In Dutch: mainly _plein_ (ENG plain, FRA plaine), sometimes _plaats. _
Place names: I cannot see any based on 'place'. We mainly refer to people's homes (Tie-gem,Thibaut's home), sometimes to specific aspects of the landscape (hills, forests, ...).

The Original quote from the above-mentioned thread:
Hungarian _*szombat*_, "Saturday" and *hely*, "place", referring to its status as a  market town.

[Frank Nagy] The map of Hungary is full names formed as river or connty + day of week + "place". Examples: Marosvásárhely (now Tirgu Mures in Roumania),  Kédivásárhely ( Târgu Secuiesc),  Dunszerdahely (Dumavská Stredá in Slovakia)...​


----------



## Penyafort

ThomasK said:


> - what is your name for a square/..., a large open (...) space in a town or city? And if possible, can you refer to a fairly famous one in your language?



In *Catalan*, the word for a square is *plaça *['plasə], a cognate to the one used in the other Romance languages.

Most famous one: *Plaça Catalunya*, the 'heart' of Barcelona.



ThomasK said:


> - do you use that word or a similar one in place names/ toponymy?

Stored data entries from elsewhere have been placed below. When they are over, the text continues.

// UTF-8 as RFC 3629 has it: the character at the front of some bytes. The original relies on
// Rust's `str` for this.
ghost use Rattle.std.specs.Prelude.{◌<◌, ◌≡◌, [], ◌∷◌, get_or};
ghost use Rattle.identity.specs.Utf8.{octets, within, utf8_tail, led_by, decoded_char};

// The character at the front of bytes: its code point, and how many bytes it takes. There is none
// for a wrong or a missing byte, an overlong form, a surrogate, or a code point above 10FFFF. The
// first byte is judged by its range, which decides how many bytes there are and the bounds of the
// second: an arm for each alternative of RFC 3629's grammar. The narrower bounds shut out overlong
// forms (after E0 and F0), surrogates (ED) and what is above 10FFFF (F4).
pub fn decode(bytes: &[u8]) -> Option<(u32, usize)>
    ensures { result ≡ decoded_char bytes.now }
{
    if bytes.len() == 0 {
        return None;
    }
    let lead = bytes[0];
    match lead {
        0x00..=0x7F => Some((lead as u32, 1)),
        0xC2..=0xDF => decode_two(bytes),
        0xE0 => decode_three(bytes, 0xA0, 0xBF),
        0xE1..=0xEC => decode_three(bytes, 0x80, 0xBF),
        0xED => decode_three(bytes, 0x80, 0x9F),
        0xEE..=0xEF => decode_three(bytes, 0x80, 0xBF),
        0xF0 => decode_four(bytes, 0x90, 0xBF),
        0xF1..=0xF3 => decode_four(bytes, 0x80, 0xBF),
        0xF4 => decode_four(bytes, 0x80, 0x8F),
        _ => None,
    }
}

// The byte at i, or 0, which continues no character, after the end.
fn byte_at(bytes: &[u8], i: usize) -> u8
    ensures { result ≡ get_or bytes.now i 0 }
{
    bytes.get(i).copied().unwrap_or(0)
}

// Every byte after the second is one of these.
fn is_tail(b: u8) -> bool
    ensures { result ≡ within utf8_tail b }
{
    (0x80 <= b) & (b <= 0xBF)
}

// The bits of a byte that belong to the code point are taken by a remainder: of the lead of two,
// three or four bytes the low five, four or three, and of each byte after it the low six.
//
// There is a function for each count of bytes, since each has its own bits of the lead, its own bounds
// and its own sum: one for all counts would be a loop with three cases in it, and read less like
// RFC 3629.

// The lead of two bytes was read.
fn decode_two(bytes: &[u8]) -> Option<(u32, usize)>
    ensures { result ≡ led_by (utf8_tail ∷ []) bytes.now }
{
    let lead = byte_at(bytes, 0);
    let second = byte_at(bytes, 1);
    if is_tail(second) {
        Some(((lead % 32) as u32 * 64 + (second % 64) as u32, 2))
    } else {
        None
    }
}

// The lead of three bytes was read; the second lies from low, which is above 0, to high.
fn decode_three(bytes: &[u8], low: u8, high: u8) -> Option<(u32, usize)>
    requires { 0 < low }
    ensures { result ≡ led_by (octets low high ∷ utf8_tail ∷ []) bytes.now }
{
    let lead = byte_at(bytes, 0);
    let second = byte_at(bytes, 1);
    let third = byte_at(bytes, 2);
    if ((low <= second) & (second <= high)) & is_tail(third) {
        Some((
            ((lead % 16) as u32 * 64 + (second % 64) as u32) * 64 + (third % 64) as u32,
            3,
        ))
    } else {
        None
    }
}

// The lead of four bytes was read; the second lies from low, which is above 0, to high.
fn decode_four(bytes: &[u8], low: u8, high: u8) -> Option<(u32, usize)>
    requires { 0 < low }
    ensures { result ≡ led_by (octets low high ∷ utf8_tail ∷ utf8_tail ∷ []) bytes.now }
{
    let lead = byte_at(bytes, 0);
    let second = byte_at(bytes, 1);
    let third = byte_at(bytes, 2);
    let fourth = byte_at(bytes, 3);
    if ((low <= second) & (second <= high)) & (is_tail(third) & is_tail(fourth)) {
        let upper = ((lead % 8) as u32 * 64 + (second % 64) as u32) * 64 + (third % 64) as u32;
        Some((upper * 64 + (fourth % 64) as u32, 4))
    } else {
        None
    }
}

Can you give some well-known (...) examples?
> 
> In Dutch: mainly _plein_ (ENG plain, FRA plaine), sometimes _plaats._



No, _plaça _is not used in non-urban toponomy.

*Plana*, however, the Catalan equivalent to English _plain_, is used extensively, probably ranking as one of the most commonly used words in toponomy.


----------



## apmoy70

Greek:

The word for _square_ is *«πλατεία»* [plaˈti.a] (fem.) < Classical adj. *«πλατύς, -τεῖα/τέα, -τύ» plătús* (masc.), *plăteî̯ă/plătéă* (fem.), *plătú* (neut.) --> _wide, broad, flat, level_ (PIE *pleth₂- _broad_ cf Skt. पृथु (pr̥thu), _broad_, Av. pərəθu- _wide, broad_, Hitt. paltana- _shoulder blade_, Proto-Slavic *pleťe, _shoulder_ > Rus. плечо; the Latin platea is borrowed from Greek).
*
«Πλατεῖα»* was a nominalized adj. in ancient Greek, that modified the (usually omitted) fem. noun *«ὁδός» hŏdós* --> _road, street, ride, journey, march_.
The most famous «πλατεῖα» in ancient Greece was the small city of *«Πλαταιαί» Plătai̯aí̯* (Eng. Plataea) where the final battle of the 2nd Greco-Persian war took place.
«Πλαταιαί» means either _wide plains_, or _flat fields_, and it's the plural of the fem. *«πλάταιᾱ» plắtai̯ā*, the local (Boeotian) form of «πλατεῖα».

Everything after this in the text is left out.